The purpose would be a research organization that uses standard scientific rigors to examine reports of signs of ETI on this planet (loosely defined, its brief could include the solar system.)

Thoughts?


There's usually only one opportunity to get something like this right. I know many people that participated in SETI that eventually got frustrated with the software (or in some cases due to how intensive the CPU usage was it would crash hardware). These people don't return.

At the same time if the application doesn't provide some form of entertainment (ie/ the screen-saver mode for SETI) people aren't going to download it.

Also restricting it to a search for extraterrestrial intelligence assumes the application can, or should, only test one hypothesis. I envision it to be much broader. UFOs are such a bizarre phenomenon in the sense that the hypothesis set is massive. I don't rule out macro-scale quantum manifestations, something as bizarre as inter-dimensional clipping, perhaps evidence of quantum retrocausality, or strangest of all evidence of wholly or partially transcendent entities (intelligent or otherwise).

 

For people that weren't a part of the other conversation I think this provides a good high-level overview of the problem:

It's one thing to make a small tool that does automatic identification of airplanes, weather balloons, low magnitude planet / star identification, etc and also notifies other human beings in the area of the sighting.

It's another to hook it up so as it progresses through the on-device automated identification, it not only notifies humans, it distributes observational parameters to remote peripherals. Next would be the in-depth analysis step. With decent image processing software / audio decomposition / overlaying other data you could probably automate ~50-60% of the harder identifications. To decrease CPU load it would be best to break it up in to distributable tasks using BOINC. That still leaves ~40-50% that's manual. This also has to be distributed in an efficient manner. My best solution is mimicking Amazon's Mechanical Turk.

With a fully realized system identifications could probably happen within say 10-20 minutes. Anything outside of that would be a genuine unknown.

 

To copy and paste some of my ideas from this thread:


Originally posted by nablator
The most difficult problem in ufology is methodology. Applying the scientific method to ufology is very difficult. What is the best way to make progress, and not fall into the many traps that so many ufologists have fallen into?

- How to get uncontaminated data. Statistic analysis has failed due to 1. the huge number of sightings that cannot be confirmed or dismissed as hoaxes. Discriminating between the real unidentified, the misidentifications and delusions is nearly impossible. 2. the socio-psychologic aspect of UFO flaps.


You nailed the problem on the head. However I think this is solvable. Bluntly, the problem is the mechanism used to capture the report.
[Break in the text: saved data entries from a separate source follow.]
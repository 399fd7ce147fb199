// What a text breaks of the rules 4 to 12, and what an accepted text means: the data that code and definitions share.
// Promises nothing of itself: its definitions (specs/) are document 01's table of refusals, and the module of a text.
// Builds on text and model.
#![tactic(auto)]

use text::Refusal;

// A declared name: where it stands in the text, and what it means.
// scope: 0 the module's, k + 1 the ports of task k.
// sort: 0 constant, 1 sensor, 2 actuator, 3 task, 4 mode, 5 input, 6 output, 7 none.
// typ: 0 int, 1 boolean, 2 none.
// value: a constant's word; the number of a port, a task or a mode.
#[derive(Clone, Copy)]
pub struct Row {
    pub start: usize,
    pub end: usize,
    pub scope: usize,
    pub sort: usize,
    pub typ: usize,
    pub value: usize,
}

// The answer of the rules: none is broken, or the leftmost that is.
pub type Verdict = Result<(), Refusal>;
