//! Systems that break no rule of the language, so that the law of soundness speaks of something. A law is
//! a clause of a function that does nothing.
#![tactic(auto)]

ghost use Rattle.eif_valid_examples.specs.ValidExamples.{ExamplesAreValid};

/// A generic list whose head is not set yet while it is made, an heir with a precursor, a renamed and a
/// selected feature, and a local that is tested against Void in a loop beside an object test: they break
/// no rule, have the form of class texts, and run to their end.
pub fn examples_are_valid()
    ensures { ExamplesAreValid }
{}
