//! Laws of the lines of classes: what a class has by its parent clauses and whom it descends from.
//! A law is a clause of a function that does nothing; its proof serves other crates as a lemma.
#![tactic(auto)]

ghost use Rattle.eif_lineage_laws.specs.Lineages.{LinesUnfold, DescentIsReaching, AncestorsAreListed, AncestorsStandBefore};
ghost use Rattle.eif_lineage_laws.specs.Orders.{OrderExists};
ghost use Rattle.eif_lineage_laws.specs.Universes.{NamesDiffer, WrittenTypesAreNamed, ParentsAreClasses, ConstraintsNameNoFormal, UniverseHasOrder};

/// The line of a class stands over the lines of the classes of its parent clauses.
pub fn lines_unfold()
    ensures { LinesUnfold }
{}

/// A class descends from exactly those that the graph of parents leads to.
pub fn descent_is_reaching()
    ensures { DescentIsReaching }
{}

/// The proper ancestors of a class are listed by rising number, and stand before it in an order of
/// inheritance.
pub fn ancestors_are_listed()
    ensures listed { AncestorsAreListed }
    ensures before { AncestorsStandBefore }
{}

/// Classes of which none inherits from itself stand in some order of inheritance.
pub fn order_exists()
    ensures { OrderExists }
{}

/// Where no rule of the universe is broken, its classes differ in their names, each written type has
/// the name of a formal or of a class and as many actuals as that takes, each parent is a class, no
/// constraint names a formal, and the classes stand in some order of inheritance. That goes for the
/// kernel's classes too.
pub fn universe_is_whole()
    ensures names { NamesDiffer }
    ensures types { WrittenTypesAreNamed }
    ensures parents { ParentsAreClasses }
    ensures constraints { ConstraintsNameNoFormal }
    ensures order { UniverseHasOrder }
{}
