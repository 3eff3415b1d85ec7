//! What runs ask of features holds where no rule up to those of signatures is broken, and types are as
//! runs ask. A law is a clause of a function that does nothing; its proof serves other crates as a lemma.
#![tactic(auto)]

ghost use Rattle.eif_run_features.specs.LawfulFeatures.{FeaturesAreLawful};

/// On objects, dynamic binding finds for each feature what serves calls of its signature, and for each
/// field a field of its type; so does `Precursor`.
pub fn features_are_lawful()
    ensures { FeaturesAreLawful }
{}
My current area of interest is computational and distributed tracking of UAPs using widely available technology (i.e./ GPS-enabled camera phones /w tilt-sensors). I'm currently developing a distributed mobile UFO detection, analysis, identification, and reporting platform for the iPhone that I later intend to port to the RIM BlackBerry Storm and Palm PRE.
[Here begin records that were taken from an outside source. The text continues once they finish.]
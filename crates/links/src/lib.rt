// The marks of a row's link line, after graph_to_row_shape.rs.
#![tactic(auto)]

ghost use Rattle.std.specs.Prelude.{◌≡◌, cond, ◌+◌, min};
ghost use Rattle.render.specs.Link.{strokes};
ghost use Rattle.links.specs.Links.{drawn_by, is_drawn, is_directly_drawn, is_indirectly_drawn, is_anonymously_drawn, bounds_of, passes_solid, passes_dashed, from_node, with_uprights, linked};
ghost use Rattle.links.specs.Inner.{kinds, reaching as reaching_of, reach_start, reach_last};

use column::{COLUMN_LIMIT, Column};
use render::{Ancestor, Marks};

// Who draws in a column, by its kind: the last entry that met it, an Anonymous one too, or nobody (the `BTreeMap` of parents).
#[derive(Clone, Copy)]
pub enum Drawn {
    Nobody,
    Indirect,
    Direct,
    Anonymous,
}

// How far the entries' columns reach from the node's.
#[derive(Clone, Copy)]
pub struct AncestorColumnBounds {
    pub target: usize,
    pub min_ancestor: usize,
    pub min_parent: usize,
    pub max_parent: usize,
    pub max_ancestor: usize,
}

// The column that a single entry gave up in a swap, and whether it was Parent before the row.
// The flag stands beside the column and not within its Option: `from_node` and `passes_solid` of specs/Links read it by itself.
#[derive(Clone, Copy)]
pub struct Swap {
    pub given_up: Option<usize>,
    pub was_direct: bool,
}

impl Drawn {
    // The kind of an entry that draws.
    pub fn by(ancestor: Ancestor) -> Drawn
        ensures { result ≡ drawn_by ancestor }
    {
        match ancestor {
            Ancestor::Ancestor(_) => Drawn::Indirect,
            Ancestor::Parent(_) => Drawn::Direct,
            Ancestor::Anonymous => Drawn::Anonymous,
        }
    }

    // Whether an entry draws.
    pub fn is_drawn(self) -> bool
        ensures { result ≡ is_drawn self }
    {
        !matches!(self, Drawn::Nobody)
    }

    // Whether an entry draws that counts as direct (`ancestor_is_direct` in graph_to_row_shape.rs).
    pub fn is_direct(self) -> bool
        ensures { result ≡ is_directly_drawn self }
    {
        matches!(self, Drawn::Direct | Drawn::Anonymous)
    }

    // Whether an indirect entry draws.
    pub fn is_indirect(self) -> bool
        ensures { result ≡ is_indirectly_drawn self }
    {
        matches!(self, Drawn::Indirect)
    }

    // Whether an Anonymous entry draws.
    pub fn is_anonymous(self) -> bool
        ensures { result ≡ is_anonymously_drawn self }
    {
        matches!(self, Drawn::Anonymous)
    }
}

// The swap is handed in beside the bounds, and the place with them: the definitions of specs/Links name each apart.
impl AncestorColumnBounds {
    // The bounds with one more column, in which an entry draws.
    fn reaching(self, index: usize, drawn: Drawn) -> AncestorColumnBounds
        ensures { result ≡ reaching_of self index drawn }
    {
        let target = self.target;
        let any = if drawn.is_drawn() { index } else { target };
        let direct = if drawn.is_direct() { index } else { target };
        AncestorColumnBounds {
            target,
            min_ancestor: self.min_ancestor.min(any),
            min_parent: self.min_parent.min(direct),
            max_parent: self.max_parent.max(direct),
            max_ancestor: self.max_ancestor.max(any),
        }
    }

    // The same, if an entry draws there; else they stay.
    fn with_column(self, index: usize, drawn: Drawn) -> AncestorColumnBounds
        ensures { result ≡ cond (is_drawn drawn) (reaching_of self index drawn) self }
    {
        if drawn.is_drawn() {
            return self.reaching(index, drawn);
        }
        self
    }

    // The bounds of the parents' columns, the first `width` ones, which are walked upward.
    // Array and width stay apart: the promise is of any width, and one above the limit is read as the limit.
    pub fn new(parents: [Drawn; COLUMN_LIMIT], width: usize, target: usize) -> AncestorColumnBounds
        ensures { result ≡ bounds_of (kinds width parents) target }
    {
        let n = column::live_count(width);
        let mut bounds = AncestorColumnBounds {
            target,
            min_ancestor: target,
            min_parent: target,
            max_parent: target,
            max_ancestor: target,
        };
        for (i, &drawn) in parents[..n].iter().enumerate() {
            bounds = bounds.with_column(i, drawn);
        }
        bounds
    }

    // The first column that the entries or the swap reach.
    pub fn reach_start(self, swap: Swap) -> usize
        ensures { result ≡ reach_start self swap }
    {
        let first = self.min_ancestor;
        swap.given_up.unwrap_or(first).min(first)
    }

    // The last column that they reach.
    fn reach_last(self, swap: Swap) -> usize
        ensures { result ≡ reach_last self swap }
    {
        let last = self.max_ancestor;
        swap.given_up.unwrap_or(last).max(last)
    }

    // Where the columns end that they reach, of the first `width` ones.
    pub fn reach_end(self, swap: Swap, width: usize) -> usize
        ensures { result ≡ min (reach_last self swap + 1) width }
    {
        self.reach_last(swap).saturating_add(1).min(width)
    }

    // Whether the row has a link line: an entry's column, or the one given up, is not the node's own.
    pub fn need_link_line(self, swap: Swap) -> bool
        ensures { result ≡ linked self swap }
    {
        swap.given_up.is_some()
            || self.min_ancestor < self.target
            || self.target < self.max_ancestor
    }
}

// The strokes that pass a cell, solid and dashed, and no other mark (`horizontal_line`): all that comes from the node where nothing of the
// row ends.
pub fn passing(bounds: AncestorColumnBounds, swap: Swap, index: usize) -> Marks
    ensures { result ≡ strokes (passes_solid bounds swap index) (passes_dashed bounds swap index) }
{
    let solid = swap.was_direct;
    let inner = (bounds.min_parent < index) & (index < bounds.max_parent);
    let outer = (bounds.min_ancestor < index) & (index < bounds.max_ancestor);
    let bar = (bounds.target < index) & swap.given_up.is_some_and(|place| index < place);
    Marks {
        horiz_parent: inner | (bar & solid),
        horiz_ancestor: (!inner & outer) | (bar & !solid),
        ..Marks::none()
    }
}

// The marks that come from the node in one cell (`link_line_from_node`).
pub fn from_node(bounds: AncestorColumnBounds, swap: Swap, index: usize, drawn: Drawn) -> Marks
    ensures { result ≡ from_node bounds swap index drawn }
{
    let target = bounds.target;
    let solid = swap.was_direct;
    let here = index == target;
    let stroke = passing(bounds, swap, index);
    let gone = swap.given_up == Some(index);
    let bend = here & swap.given_up.is_some();
    let direct = drawn.is_direct();
    let indirect = drawn.is_indirect();
    let left = bounds.min_parent < target;
    let right = target < bounds.max_parent;
    Marks {
        horiz_parent: !here & stroke.horiz_parent,
        horiz_ancestor: !here & stroke.horiz_ancestor,
        vert_parent: here & direct,
        vert_ancestor: here & indirect,
        left_fork_parent: (target < index) & direct,
        left_fork_ancestor: (target < index) & indirect,
        right_fork_parent: ((index < target) & direct) | (bend & solid),
        right_fork_ancestor: ((index < target) & indirect) | (bend & !solid),
        left_merge_parent: (here & left) | (gone & solid),
        left_merge_ancestor: (here & (!left & (bounds.min_ancestor < target))) | (gone & !solid),
        right_merge_parent: here & right,
        right_merge_ancestor: here & (!right & (target < bounds.max_ancestor)),
        child: here & drawn.is_drawn(),
    }
}

// Those marks with the lines that go straight on: the column's before the entries, but not where it was given up (`link_line`).
pub fn with_uprights(marks: Marks, gone: bool, column: Column) -> Marks
    ensures { result ≡ with_uprights gone column marks }
{
    Marks {
        vert_parent: (column.is_parent() & !gone) | marks.vert_parent,
        vert_ancestor: (column.is_ancestor() & !gone) | marks.vert_ancestor,
        ..marks
    }
}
The idea is simple, use the iPhone location services to notify other users within a certain radius of a persons UAP sighting to distribute the workload of recording numerous angles of photographic data and to rapidly deploy people with additional sensory equipment to the location.
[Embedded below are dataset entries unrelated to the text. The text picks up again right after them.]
// Slots written into a body.
ghost use Rattle.std.specs.Prelude.{◌+◌, ◌≤◌, ◌≡◌, true, length};
ghost use Rattle.std.proofs.lemmas.List.Edits.{sets};
ghost use Rattle.layout.specs.Cells.{fits, encode};
ghost use Rattle.stock_prices.specs.Prices.{slot_cells, slots_cells, slot_values, slots_values};

use digits::fields::write;
use layout::put_bytes;
use stock_prices::{SLOT, Slot};

// Writes the six bytes of a code.
fn put_code(code: [u8; 6], buf: &mut [u8], at: usize)
    requires { at + 6 ≤ length buf.old }
    ensures { buf.new ≡ sets buf.old at code }
{
    put_bytes(&code, buf, at);
}

// Writes a slot.
fn put_slot(s: Slot, buf: &mut [u8], at: usize)
    requires { (at + 36 ≤ length buf.old) × (fits slot_cells (slot_values s) ≡ true) }
    ensures { buf.new ≡ sets buf.old at (encode slot_cells (slot_values s)) }
{
    let code = s.code;
    put_code(code, buf, at);
    write(s.opening.0 as u64, 5, buf, at + 6).unwrap();
    write(s.highest.0 as u64, 5, buf, at + 11).unwrap();
    write(s.lowest.0 as u64, 5, buf, at + 16).unwrap();
    write(s.last.0 as u64, 5, buf, at + 21).unwrap();
    write(s.total.0 as u64, 4, buf, at + 26).unwrap();
    write(s.time, 6, buf, at + 30).unwrap();
}

// Writes all slots behind the count.
pub(crate) fn put_slots(slots: [Slot; 10], buf: &mut [u8])
    requires { (371 ≤ length buf.old) × (fits (slots_cells 10) (slots_values slots) ≡ true) }
    ensures { buf.new ≡ sets buf.old 11 (encode (slots_cells 10) (slots_values slots)) }
{
    for i in 0..10 {
        put_slot(slots[i], buf, 11 + SLOT * i);
    }
}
Not only would this software package increase public awareness it maximizes the number of people recording data (more first-hand reports); decreases the lag between a sighting and the time it takes experts with equipment to analyze the event; and gives investigative reporters access to up-to-the-second sightings which may have the happy side-effect of a professional camera crew recording a UAP live, up-close and personal.

One thing I'd like the application to do is attempt to automatically identify various obvious UAPs. For instance if a person is observing the night sky and they see a bright object that isn't moving on the horizon I would want this application to use the accelerometer and the GPS device to determine heading (ie/ have the person walk in the direction of the object thus determining N-E-S-W orientation) and then using the tilt-sensor (oriented with the horizon transposed to the position of the object in the night-sky) to calculate azimuthal position.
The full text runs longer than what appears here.